# DATA PROVIDED:
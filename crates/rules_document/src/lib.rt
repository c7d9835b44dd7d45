//! The rules that look at a whole document (GraphQL, October 2021, sections 5.5.1.4, 5.5.2.2, 5.8.3 and 5.8.4), each in
//! a module of its own. They report when the walk leaves the document.
#![tactic(auto)]

pub mod laws;
pub mod met_fragments;
pub mod no_fragment_cycles;
pub mod no_undefined_variables;
pub mod no_unused_fragments;
pub mod no_unused_variables;
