//! The rule on the types of variables where they are used (GraphQL, October 2021, section 5.8.5), where defaults of
//! arguments and of input fields count.
#![tactic(auto)]

mod judging;
mod placed_uses;
pub mod variables_in_allowed_position;
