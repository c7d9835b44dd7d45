//! The fragments that were met, each by its name and where its definition stands.

ghost use Rattle.std.specs.Prelude.{◌≡◌, ◌↔◌, ◌⊎◌, Some, None, false, length, IfOk, IsTrue, OnOk};
ghost use Rattle.std.specs.List.{All};
ghost use Rattle.fragment_graph.specs.Numbers.{number_of, WellNumbered};
ghost use Rattle.rules_document.specs.MetFragments.{name_and_span, IsMet, IsOther, IsKeptFor, NameAndSpan};

use fragment_graph::numbers::{Numbers, name_count};
use language::error::OutOfMemory;
use language::position::{SourcePosition, Span, Spanning};
use language::tree::Fragment;
use std::alloc::{AllocError, Global};
use std::collections::BTreeSet;

/// The fragments that were met: the first of each name by the name's number, and any others of it.
///
/// A hostile document may repeat a name many times, so the others are an ordered set.
#[derive(Drop)]
pub struct MetFragments<'a> {
    pub firsts: Vec<Option<Span>>,
    pub others: BTreeSet<(&'a str, SourcePosition, SourcePosition)>,
}

// Nothing at each of so many numbers.
fn no_firsts(alloc: Global, count: usize) -> Result<Vec<Option<Span>>, AllocError>
    ensures len { IfOk result (λ v. length v.items ≡ count) }
    ensures none { IfOk result (λ v. All (λ o. o ≡ None) v.items) }
{
    vec![in alloc; None; count]
}

/// No fragments, with room for the first of each of these names.
///
/// # Errors
///
/// Out of memory.
pub fn none_met<'a>(alloc: Global, numbers: &Numbers<'_>) -> Result<MetFragments<'a>, AllocError>
    ensures none { IfOk result (λ met. (p : NameAndSpan) → IsMet numbers.now met p → ⊥) }
    ensures kept { IfOk result (IsKeptFor numbers.now) }
{
    let firsts = no_firsts(alloc, name_count(numbers))?;
    Ok(MetFragments {
        firsts,
        others: BTreeSet::new(alloc),
    })
}

// Notes that a fragment was met that isn't the first of its name, and returns whether it is the first of its name and
// span.
fn meet_other<'a, S>(
    others: &mut BTreeSet<(&'a str, SourcePosition, SourcePosition)>,
    fragment: &Spanning<Fragment<'a, S>>,
) -> Result<bool, OutOfMemory>
    ensures first { IfOk result (λ first. IsTrue first ↔ (IsOther others.old (name_and_span fragment.now) → ⊥)) }
    ensures met { OnOk result ((q : NameAndSpan) → IsOther others.new q
        ↔ (IsOther others.old q ⊎ (name_and_span fragment.now ≡ q))) }
{
    let Spanning { item, span } = fragment;
    let first = others.insert((item.name.item, span.start, span.end))?;
    Ok(first)
}

/// Notes that a fragment was met, by the number of its name, and returns whether it is the first of its name and span.
///
/// # Errors
///
/// Out of memory. Which fragments were met is not known then.
pub fn meet<'a, S>(
    met: &mut MetFragments<'a>,
    numbers: &Numbers<'_>,
    fragment: &Spanning<Fragment<'a, S>>,
    number: usize,
) -> Result<bool, OutOfMemory>
    requires numbered { WellNumbered numbers.now }
    requires number { number_of numbers.now fragment.now.item.name.item.now ≡ Some number }
    requires kept { IsKeptFor numbers.now met.old }
    ensures first { IfOk result (λ first. IsTrue first → IsMet numbers.now met.old (name_and_span fragment.now) → ⊥) }
    ensures known { IfOk result (λ first. first ≡ false → IsMet numbers.now met.old (name_and_span fragment.now)) }
    ensures met { OnOk result ((q : NameAndSpan) → IsMet numbers.now met.new q
        ↔ (IsMet numbers.now met.old q ⊎ (name_and_span fragment.now ≡ q))) }
    ensures kept { OnOk result (IsKeptFor numbers.now met.new) }
{
    match met.firsts[number] {
        None => {
            met.firsts[number] = Some(fragment.span);
            Ok(true)
        }
        Some(first) => {
            if first == fragment.span {
                return Ok(false);
            }
            meet_other(&mut met.others, fragment)
        }
    }
}
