//! No fragment spreads itself, directly or through other fragments (GraphQL, October 2021, section 5.5.2.2).

ghost use Rattle.std.specs.Prelude.{◌≡◌, ◌∷◌, [], List, None, IfOk, OnOk, OnErr, map, string_bytes};
ghost use Rattle.language.specs.declared.tree.Definition.{Definition};
ghost use Rattle.walk.specs.ContextState.{with_errors};
ghost use Rattle.walk.specs.Rule.{any_value, Appended};
ghost use Rattle.walk.specs.Step.{KeepsPlace};
ghost use Rattle.fragment_graph.specs.DocumentCycles.{name_and_place, HasNoCycle};
ghost use Rattle.fragment_graph.specs.DocumentGraph.{IsGraphOf};
ghost use Rattle.rules_document.specs.AtDocument.{document_step, given_at_end};
ghost use Rattle.rules_document.specs.NoFragmentCycles.{cycle_error, cycle_errors, cycle_message, CycleErrors};
ghost use Rattle.rules_document.specs.AtDocumentLaws.{document_keeps};
ghost use Rattle.rules_document.specs.NoFragmentCyclesLaws.{cycles_silent};

use fragment_graph::cycles::{CycleReport, DocumentCycles, GraphCycles, search_named};
use fragment_graph::document_graph::{DocumentGraph, graph_of};
use language::error::OutOfMemory;
use meta::check::CheckedScalar;
use std::alloc::{AllocError, Global};
use walk::{Criterion, Event, Fresh, Machine, Rule, SettledRule, ValidatorContext, Visitor};

/// Reports, where the document ends, at least one fragment of each cycle of spreads, at a spread inside it on the way
/// back to it.
///
/// It keeps what its search found, for what looks at the fragments after it.
#[derive(Drop)]
pub struct NoFragmentCycles<'a> {
    alloc: Global,
    looked: u128,
    found: Option<DocumentCycles<'a>>,
}

/// Makes the rule, for one document.
pub fn factory<'a>(alloc: Global) -> NoFragmentCycles<'a>
    ensures { ⟦<NoFragmentCycles<'a> as Fresh>⟧.fresh result }
{
    NoFragmentCycles {
        alloc,
        looked: 0,
        found: None,
    }
}

impl<'a> NoFragmentCycles<'a> {
    /// How many spreads inside definitions of fragments the search looked at, in the document that was left last.
    pub fn looked(&self) -> u128
        ensures { result ≡ self.now.looked }
    {
        self.looked
    }

    /// What the search found in the document that was left last.
    pub fn into_found(self) -> Option<DocumentCycles<'a>>
        ensures { result ≡ self.entry.found }
    {
        self.found
    }

    /// Reports the fragments on cycles of a document, by the document's graph, and keeps what the search found.
    ///
    /// # Errors
    ///
    /// Out of memory. The types at hand stay; some of the errors may be reported then.
    pub fn leave<S: CheckedScalar>(
        &mut self,
        ctx: &mut ValidatorContext<'a, S>,
        graph: DocumentGraph<'a>,
    ) -> Result<(), OutOfMemory>
        ensures ok { OnOk result ((document : List (Definition S)) → IsGraphOf document graph.entry
            → Appended (CycleErrors document self.new) ctx.old ctx.new) }
        ensures err { OnErr result (KeepsPlace ctx.old ctx.new) }
    {
        self.looked = 0;
        self.found = None;
        let GraphCycles { outcome, reports } = search_named(self.alloc, &graph)?;
        report_all(self.alloc, ctx, reports.as_slice())?;
        let found = DocumentCycles {
            graph,
            outcome,
            reports,
        };
        self.looked = found.outcome.looked;
        self.found = Some(found);
        Ok(())
    }
}

impl<'a> Fresh for NoFragmentCycles<'a> {
    ghost fresh = { any_value };
}

impl<'a, S, C> Machine<S, C> for NoFragmentCycles<'a> {
    ghost step = { document_step cycle_errors };
}

impl<'a, S, C> Rule<S, C> for NoFragmentCycles<'a> {
    ghost allows = { given_at_end cycle_errors };

    ghost keeps = { document_keeps cycle_errors };
}

impl<'a, S, C> Criterion<S, C> for NoFragmentCycles<'a> {
    ghost finds_nothing = { λ scope t doc. HasNoCycle doc };
}

impl<'a, S, C> SettledRule<S, C> for NoFragmentCycles<'a> {
    ghost silent = { cycles_silent };
}

impl<'a, S: CheckedScalar> Visitor<'a, S> for NoFragmentCycles<'a> {
    fn on(
        &mut self,
        ctx: &mut ValidatorContext<'a, S>,
        event: &Event<'a, S>,
    ) -> Result<(), OutOfMemory> {
        match *event {
            Event::ExitDocument(document) => {
                let names = ctx.numbered_names(document)?;
                let graph = graph_of(self.alloc, document, names)?;
                self.leave(ctx, graph)
            }
            _ => Ok(()),
        }
    }
}

// Reports each of these.
fn report_all<'a, S: CheckedScalar>(
    alloc: Global,
    ctx: &mut ValidatorContext<'a, S>,
    reports: &[CycleReport<'_>],
) -> Result<(), OutOfMemory>
    ensures ok { OnOk result (ctx.new ≡ with_errors ctx.old (map cycle_error (map name_and_place reports.now))) }
    ensures err { OnErr result (KeepsPlace ctx.old ctx.new) }
{
    for cycle in reports {
        report(alloc, ctx, cycle)?;
    }
    Ok(())
}

// Reports a cycle, unless no more errors are kept.
fn report<'a, S: CheckedScalar>(
    alloc: Global,
    ctx: &mut ValidatorContext<'a, S>,
    cycle: &CycleReport<'_>,
) -> Result<(), OutOfMemory>
    ensures ok { OnOk result (ctx.new ≡ with_errors ctx.old (cycle_error (name_and_place cycle.now) ∷ [])) }
    ensures err { OnErr result (KeepsPlace ctx.old ctx.new) }
{
    if ctx.is_full() {
        return Ok(());
    }
    let message = error_message(alloc, cycle.fragment)?;
    ctx.report_error(message.as_str(), &[cycle.place])
}

fn error_message(alloc: Global, name: &str) -> Result<String, AllocError>
    ensures { IfOk result (λ message. string_bytes message ≡ cycle_message name.now) }
{
    format!(in alloc; "Cannot spread fragment \"{name}\"")
}
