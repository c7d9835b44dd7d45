//! Laws of the fields and selection sets of a document.

ghost use Rattle.merge_walk_laws.specs.Laws.{FieldsOccur, SetsOccur, InlinesOccur, FieldsAreTidy, SetsAgree};
ghost use Rattle.merge_walk_laws.specs.Laws.{FieldsAgree, TidyArguments};

/// Each field of a document is met by a walk over it.
pub fn fields_occur<S, C>()
    ensures { FieldsOccur S C }
{}

/// Each selection set of a document is met by a walk over it.
pub fn sets_occur<S, C>()
    ensures { SetsOccur S C }
{}

/// Each inline fragment of a document's sets is met by a walk over it.
pub fn inlines_occur<S, C>()
    ensures { InlinesOccur S C }
{}

/// Where no field that a walk meets repeats an argument, nor a key in one, no field of the document does.
pub fn fields_are_tidy<S, C>()
    ensures { FieldsAreTidy S C }
{}

/// Arguments are tidy if and only if their names differ and no value repeats a key.
pub fn tidy_arguments<S>()
    ensures { TidyArguments S }
{}

/// The type around each selection set is the parent type that a walk has there, and the walk meets no other sets.
pub fn sets_agree<S, C>()
    ensures { SetsAgree S C }
{}

/// A walk meets each field under the type around its set, and meets no other fields.
pub fn fields_agree<S, C>()
    ensures { FieldsAgree S C }
{}
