//! Each variable that an operation defines is used by the operation (GraphQL, October 2021, section 5.8.4).

ghost use Rattle.std.specs.Prelude.{◌≡◌, ◌∷◌, [], List, Some, IfOk, OnOk, OnErr, map, option_map, string_bytes};
ghost use Rattle.walk.specs.ContextState.{with_errors};
ghost use Rattle.walk.specs.Rule.{any_value};
ghost use Rattle.walk.specs.Step.{KeepsPlace};
ghost use Rattle.variable_usages.specs.DocumentIndex.{IsDocumentIndex};
ghost use Rattle.variable_usages.specs.Unused.{Unused, UnusedVariables, unused_of};
ghost use Rattle.rules_document.specs.AtDocument.{document_step, given_at_end};
ghost use Rattle.rules_document.specs.AtDocumentLaws.{document_keeps};
ghost use Rattle.rules_document.specs.NoUnusedVariablesLaws.{unused_variables_silent};
ghost use Rattle.rules_document.specs.NoUnusedVariables.{unused_variable_error, unused_variable_errors};
ghost use Rattle.rules_document.specs.NoUnusedVariables.{unused_variable_message};
ghost use Rattle.rules_document.specs.UsedVariables.{AllUsed};

use language::error::OutOfMemory;
use language::tree::Document;
use meta::check::CheckedScalar;
pub use operation_scopes::scope::Scope;
use std::alloc::{AllocError, Global};
use std::marker::PhantomData;
use variable_usages::document_index::{DocumentIndex, index_document};
use variable_usages::unused::{UnusedVariable, unused_in};
use walk::{Criterion, Event, Fresh, Machine, Rule, SettledRule, ValidatorContext, Visitor};

/// Reports, where the document ends, each variable that is defined and not used, at its name in the definition.
///
/// Operations of the same name count as one: it reaches all that they reach, and has the variables of the last of them.
#[derive(Drop)]
pub struct NoUnusedVariables<'a> {
    alloc: Global,
    document: PhantomData<&'a str>,
}

/// Makes the rule, for one document.
pub fn factory<'a>(alloc: Global) -> NoUnusedVariables<'a>
    ensures { ⟦<NoUnusedVariables<'a> as Fresh>⟧.fresh result }
{
    NoUnusedVariables {
        alloc,
        document: PhantomData,
    }
}

impl<'a> Fresh for NoUnusedVariables<'a> {
    ghost fresh = { any_value };
}

impl<'a, S, C> Machine<S, C> for NoUnusedVariables<'a> {
    ghost step = { document_step unused_variable_errors };
}

impl<'a, S, C> Rule<S, C> for NoUnusedVariables<'a> {
    ghost allows = { given_at_end unused_variable_errors };

    ghost keeps = { document_keeps unused_variable_errors };
}

impl<'a, S, C> Criterion<S, C> for NoUnusedVariables<'a> {
    ghost finds_nothing = { λ scope t doc. AllUsed doc };
}

impl<'a, S, C> SettledRule<S, C> for NoUnusedVariables<'a> {
    ghost silent = { unused_variables_silent };
}

impl<'a, S: CheckedScalar> Visitor<'a, S> for NoUnusedVariables<'a> {
    fn on(
        &mut self,
        ctx: &mut ValidatorContext<'a, S>,
        event: &Event<'a, S>,
    ) -> Result<(), OutOfMemory> {
        match *event {
            Event::ExitDocument(document) => {
                let names = ctx.numbered_names(document)?;
                let index = index_document(self.alloc, document, names)?;
                report_unused(self.alloc, ctx, document, &index)
            }
            _ => Ok(()),
        }
    }
}

// Reports each of these.
fn report_all<'a, S: CheckedScalar>(
    alloc: Global,
    ctx: &mut ValidatorContext<'a, S>,
    found: &[UnusedVariable<'_>],
) -> Result<(), OutOfMemory>
    ensures ok { OnOk result (ctx.new ≡ with_errors ctx.old (map unused_variable_error (map unused_of found.now))) }
    ensures err { OnErr result (KeepsPlace ctx.old ctx.new) }
{
    for variable in found {
        report(alloc, ctx, variable)?;
    }
    Ok(())
}

// Reports a variable, unless no more errors are kept.
fn report<'a, S: CheckedScalar>(
    alloc: Global,
    ctx: &mut ValidatorContext<'a, S>,
    variable: &UnusedVariable<'_>,
) -> Result<(), OutOfMemory>
    ensures ok { OnOk result (ctx.new ≡ with_errors ctx.old (unused_variable_error (unused_of variable.now) ∷ [])) }
    ensures err { OnErr result (KeepsPlace ctx.old ctx.new) }
{
    if ctx.is_full() {
        return Ok(());
    }
    let message = error_message(alloc, variable.name, variable.operation)?;
    ctx.report_error(message.as_str(), &[variable.span.start])
}

/// Reports each variable that is not used, by the document's index.
///
/// # Errors
///
/// Out of memory. The types at hand stay; some of the errors may be reported then.
pub fn report_unused<'a, 'd, S: CheckedScalar>(
    alloc: Global,
    ctx: &mut ValidatorContext<'a, S>,
    document: Document<'d, S>,
    index: &DocumentIndex<'d>,
) -> Result<(), OutOfMemory>
    requires { IsDocumentIndex document.now index.now }
    ensures ok { OnOk result ((found : List Unused) × UnusedVariables document.now found
        × (ctx.new ≡ with_errors ctx.old (map unused_variable_error found))) }
    ensures err { OnErr result (KeepsPlace ctx.old ctx.new) }
{
    let found = unused_in(alloc, document, index)?;
    report_all(alloc, ctx, found.as_slice())
}

fn named_message(alloc: Global, name: &str, called: &str) -> Result<String, AllocError>
    ensures { IfOk result (λ message. string_bytes message ≡ unused_variable_message name.now (Some called.now)) }
{
    format!(in alloc; "Variable \"${name}\" is not used by operation \"{called}\"")
}

fn error_message(alloc: Global, name: &str, operation: Option<&str>) -> Result<String, AllocError>
    ensures { IfOk result (λ message. string_bytes message ≡
        unused_variable_message name.now (option_map (λ n. n.now) operation.entry)) }
{
    match operation {
        Some(called) => named_message(alloc, name, called),
        None => format!(in alloc; "Variable \"${name}\" is not used"),
    }
}
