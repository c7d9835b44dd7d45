//! Laws of the fields and selection sets of documents: those that the search for conflicts compares are those that a
//! walk meets.
#![tactic(auto)]

pub mod laws;
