//! Laws of the rules, and of what they use.

ghost use Rattle.rules_document.specs.NoFragmentCycles.{CyclesAreTold};
ghost use Rattle.rules_document.specs.NoUnusedFragments.{UnusedAreTold};
ghost use Rattle.rules_document.specs.ScopeOrder.{AreOrdered};

use operation_scopes::scope::Scope;

/// Of the lists of errors that `NoFragmentCycles` may report of a document, each is empty if and only if no fragment
/// leads back to itself.
pub fn cycles_are_told<S>()
    ensures { CyclesAreTold S }
{}

/// Of the lists of errors that `NoUnusedFragments` may report of a document, each is empty if and only if an operation
/// reaches every fragment.
pub fn unused_are_told<S>()
    ensures { UnusedAreTold S }
{}

/// The order of scopes is total, and two scopes compare as equal if and only if they have the same kind and the same
/// name.
pub fn scopes_are_ordered<'a>()
    ensures { AreOrdered ⟦<Scope<'a> as Ord>⟧.cmp }
{}
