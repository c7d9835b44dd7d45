//! Each variable is used only where its type is allowed (GraphQL, October 2021, section 5.8.5).

ghost use Rattle.std.specs.Prelude.{◌≡◌, [], OnOk};
ghost use Rattle.events.specs.SchemaView.{directive_arguments, field_arguments};
ghost use Rattle.walk.specs.ContextState.{typing};
ghost use Rattle.walk.specs.Rule.{always};
ghost use Rattle.rules_positions.specs.Recording.{recording_step};
ghost use Rattle.rules_positions.specs.RecordedUses.{with_uses};
ghost use Rattle.rules_specified_positions.specs.PlacedUses.{arguments_uses, next_uses};
ghost use Rattle.rules_specified_uses.specs.ValueUses.{use_values};
ghost use Rattle.rules_specified_positions.specs.VariablesInAllowedPosition.{given_by_uses, misplaced_variables};
ghost use Rattle.rules_specified_positions.specs.VariablesInAllowedPosition.{recorded_uses, AllAllowed};
ghost use Rattle.rules_specified_positions.specs.VariablesInAllowedPositionLaws.{positions_keep, positions_silent};

use crate::judging::ByDefaults;
use crate::placed_uses::add_arguments;
use events::{arguments_of_directive, arguments_of_field};
use language::error::OutOfMemory;
use language::position::Spanning;
use language::tree::{Directive, Field};
use meta::check::CheckedScalar;
use operation_scopes::index::index_scopes;
use rules_positions::judged_uses::report_document;
use rules_positions::recorded_uses::begin_definition;
use rules_specified_uses::value_uses::{PlacedUse, Uses};
use std::alloc::Global;
use walk::{Criterion, Event, Fresh, Machine, Rule, SettledRule, ValidatorContext, Visitor};

/// Reports, where the document ends, each use of a variable whose type does not fit the place where it is used: at the
/// name of the variable's first definition, and at the use. A default value of the variable that is not `null`, and any
/// default value of the place, stand for `null`. The uses are recorded during the walk.
///
/// An object where a list is expected stands for a list of it alone, so its fields have the types of the list's input
/// object.
#[derive(Drop)]
pub struct VariableInAllowedPosition<'a> {
    alloc: Global,
    uses: Uses<'a>,
}

/// Makes the rule, for one document.
pub fn factory<'a>(alloc: Global) -> VariableInAllowedPosition<'a>
    ensures { ⟦<VariableInAllowedPosition<'a> as Fresh>⟧.fresh result }
{
    VariableInAllowedPosition {
        alloc,
        uses: Vec::new(alloc),
    }
}

impl<'a> Fresh for VariableInAllowedPosition<'a> {
    ghost fresh = { λ a. recorded_uses a ≡ [] };
}

impl<'a, S, C> Machine<S, C> for VariableInAllowedPosition<'a> {
    ghost step = { recording_step recorded_uses next_uses given_by_uses };
}

impl<'a, S, C> Rule<S, C> for VariableInAllowedPosition<'a> {
    ghost allows = { always misplaced_variables };

    ghost keeps = { positions_keep };
}

impl<'a, S, C> Criterion<S, C> for VariableInAllowedPosition<'a> {
    ghost finds_nothing = { AllAllowed };
}

impl<'a, S, C> SettledRule<S, C> for VariableInAllowedPosition<'a> {
    ghost silent = { positions_silent };
}

impl<'a, S: CheckedScalar> Visitor<'a, S> for VariableInAllowedPosition<'a> {
    fn on(
        &mut self,
        ctx: &mut ValidatorContext<'a, S>,
        event: &Event<'a, S>,
    ) -> Result<(), OutOfMemory> {
        match *event {
            Event::EnterOperationDefinition(_) => begin_definition(self.alloc, &mut self.uses),
            Event::EnterFragmentDefinition(_) => begin_definition(self.alloc, &mut self.uses),
            Event::EnterField(field) => add_field(self.alloc, ctx, field, &mut self.uses),
            Event::EnterDirective(directive) => {
                add_directive(self.alloc, ctx, directive, &mut self.uses)
            }
            Event::ExitDocument(document) => {
                let names = ctx.numbered_names(document)?;
                let index = index_scopes(self.alloc, document, names)?;
                let uses = self.uses.as_slice();
                report_document::<S, PlacedUse<'a>, ByDefaults>(
                    self.alloc, ctx, document, &index, uses,
                )
            }
            _ => Ok(()),
        }
    }
}

// Records the uses in the arguments of a field.
fn add_field<'a, S: CheckedScalar>(
    alloc: Global,
    ctx: &ValidatorContext<'a, S>,
    field: &'a Spanning<Field<'a, S>>,
    uses: &mut Uses<'a>,
) -> Result<(), OutOfMemory>
    ensures { OnOk result (use_values uses.new.items ≡ with_uses (arguments_uses ctx.now.schema
        (field_arguments (typing ctx.now).parent field.now.item.name.item.now) field.now.item.arguments)
        (use_values uses.old.items)) }
{
    let known = arguments_of_field(ctx.parent_type(), field.item.name.item);
    add_arguments(alloc, ctx.schema, known, &field.item.arguments, uses)
}

// Records the uses in the arguments of a directive.
fn add_directive<'a, S: CheckedScalar>(
    alloc: Global,
    ctx: &ValidatorContext<'a, S>,
    directive: &'a Spanning<Directive<'a, S>>,
    uses: &mut Uses<'a>,
) -> Result<(), OutOfMemory>
    ensures { OnOk result (use_values uses.new.items ≡ with_uses (arguments_uses ctx.now.schema
        (directive_arguments ctx.now.schema directive.now.item.name.item.now) directive.now.item.arguments)
        (use_values uses.old.items)) }
{
    let known = arguments_of_directive(ctx.schema, directive.item.name.item);
    add_arguments(alloc, ctx.schema, known, &directive.item.arguments, uses)
}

# WORK ITEM:
Only the lines above from the one with "sets is met by a walk over it." up to and including the one with "repeats a key." should be repeated, exactly as written.

# RESPONSE AREA:
/// Each inline fragment of a document's sets is met by a walk over it.
pub fn inlines_occur<S, C>()
    ensures { InlinesOccur S C }
{}

/// Where no field that a walk meets repeats an argument, nor a key in one, no field of the document does.
pub fn fields_are_tidy<S, C>()
    ensures { FieldsAreTidy S C }
{}

/// Arguments are tidy if and only if their names differ and no value repeats a key.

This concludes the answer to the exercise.